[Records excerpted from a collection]
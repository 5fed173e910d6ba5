//! A log that is shut, and opened again: the row of `tm_meta` names a version that no open takes, and all other rows stay.
ghost use Rattle.std.specs.Prelude.{◌≡◌, ◌⊎◌, ℕ, pos, [], ◌∷◌, None, Ok, nat_eq, IfErr, IfOk, IfSome, OnOk};
ghost use Rattle.sqlite.specs.declared.types.Value.TheVariants.{Int};
ghost use Rattle.sqlite.specs.Held.{state};
ghost use Rattle.sqlite.specs.State.{HasCleanDisk};
ghost use Rattle.sqlite.specs.Tree.{Trees};
ghost use Rattle.xa_log.specs.Content.{Content};
ghost use Rattle.xa_log.specs.Contract.{IsStoreFault};
ghost use Rattle.xa_sql_log.specs.OpenedDatabase.{HasMetaRow, HasTables, IsBlank, NamesVersion};
ghost use Rattle.xa_sql_log.specs.Rows.{content_of};
ghost use Rattle.xa_sql_log.specs.ShutLogs.{AreShutTrees, IsShutWith, shut_version};
ghost use Rattle.xa_sql_log.specs.Sql.{IsOrderly, IsReadyWith};

use crate::fields::number;
use crate::label::find_label;
use crate::layout::{has_log, refuse_other};
use crate::statements::{of_store, run};
use crate::tables::SET_VERSION;
use crate::version::{READ_META, check_version};
use sqlite::{Alter, Connection, Row};
use std::alloc::Global;
use xa_log::LogFault;

/// The version of a log that is shut, which was of version 2.
const SHUT_VERSION: u64 = 102;

const SHUT: &str = "UPDATE tm_meta SET version = 102";

/// What a log says of itself, before a look at its rows.
#[derive(Drop)]
pub struct LogHead {
    /// Its label, which is empty where it has none.
    pub label: String,
    /// The incarnation of the manager that has started last over it, and 0 where none has.
    pub incarnation: u64,
    /// Whether it is shut: then no open takes it, until it is opened again by [`SqlLog::reopen`](crate::SqlLog::reopen).
    pub is_shut: bool,
}

/// Shuts a log.
pub(crate) fn shut<S: Alter>(conn: &mut Connection<S>) -> Result<(), LogFault>
    ensures honest { HasCleanDisk (state S.Store conn.new) → HasCleanDisk (state S.Store conn.old) }
    ensures shut { IsOrderly (state S.Store conn.old) → HasCleanDisk (state S.Store conn.new) →
        OnOk result (IsShutWith (content_of (state S.Store conn.old).now.trees)
        (state S.Store conn.new)) }
    ensures crash { IsOrderly (state S.Store conn.old) → HasCleanDisk (state S.Store conn.new) →
        (db : Trees) → (state S.Store conn.new).may_leave db →
        (state S.Store conn.old).may_leave db
        ⊎ AreShutTrees (content_of (state S.Store conn.old).now.trees) db }
    ensures cause { IfErr result IsStoreFault }
{
    run(conn, SHUT, &[])
}

/// Opens a log that is shut again: then it is as it was. Of another one it is [`LogFault::Version`].
pub(crate) fn reopen<S: Alter>(conn: &mut Connection<S>) -> Result<(), LogFault>
    ensures honest { HasCleanDisk (state S.Store conn.new) → HasCleanDisk (state S.Store conn.old) }
    ensures shut { HasTables (state S.Store conn.old) → HasCleanDisk (state S.Store conn.new) →
        OnOk result (NamesVersion shut_version (state S.Store conn.old)) }
    ensures opened { (c : Content) → IsShutWith c (state S.Store conn.old) →
        HasCleanDisk (state S.Store conn.new) →
        OnOk result (IsReadyWith c (state S.Store conn.new)) }
{
    refuse_other(conn)?;
    check_version(conn, SHUT_VERSION)?;
    of_store(conn.execute(SET_VERSION, &[]))?;
    Ok(())
}

/// The version and the incarnation in the row of `tm_meta`.
fn numbers_in(rows: &[Row]) -> Result<(u64, u64), LogFault>
    ensures { (v i : ℕ) → rows.now ≡ (Int (pos v) ∷ Int (pos i) ∷ []) ∷ [] →
        IfOk result (λ it. (it.0 ≡ v) × (it.1 ≡ i)) }
{
    let row = rows.first().ok_or(LogFault::Version)?;
    Ok((number(row, 0)?, number(row, 1)?))
}

/// The version that the tables of a log name, and its incarnation.
fn find_meta<S: Alter>(conn: &mut Connection<S>) -> Result<(u64, u64), LogFault>
    ensures { (v i : ℕ) → HasMetaRow v i (state S.Store conn.old) →
        HasCleanDisk (state S.Store conn.new) → IfOk result (λ it. (it.0 ≡ v) × (it.1 ≡ i)) }
{
    let rows = of_store(conn.query_all(READ_META, &[]))?;
    numbers_in(rows.as_slice())
}

/// What the log in a database says of itself. Where there is no log, it is nothing.
pub(crate) fn find_head<S: Alter>(
    alloc: Global,
    conn: &mut Connection<S>,
) -> Result<Option<LogHead>, LogFault>
    ensures blank { IsBlank (state S.Store conn.old) → result ≡ Ok None }
    ensures told { (v i : ℕ) → HasMetaRow v i (state S.Store conn.old) →
        HasCleanDisk (state S.Store conn.new) → IfOk result (λ found. IfSome found (λ head.
        (head.is_shut ≡ nat_eq v shut_version) × (head.incarnation ≡ i))) }
{
    if !has_log(conn) {
        return Ok(None);
    }
    refuse_other(conn)?;
    let (version, incarnation) = find_meta(conn)?;
    let Some(label) = find_label(alloc, conn)? else {
        return Ok(None);
    };
    Ok(Some(LogHead {
        label,
        incarnation,
        is_shut: version == SHUT_VERSION,
    }))
}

■ Action item ■
How many lines in the records hold the string "IfErr"? Reply with the number alone.

■ Exercise solution ■
2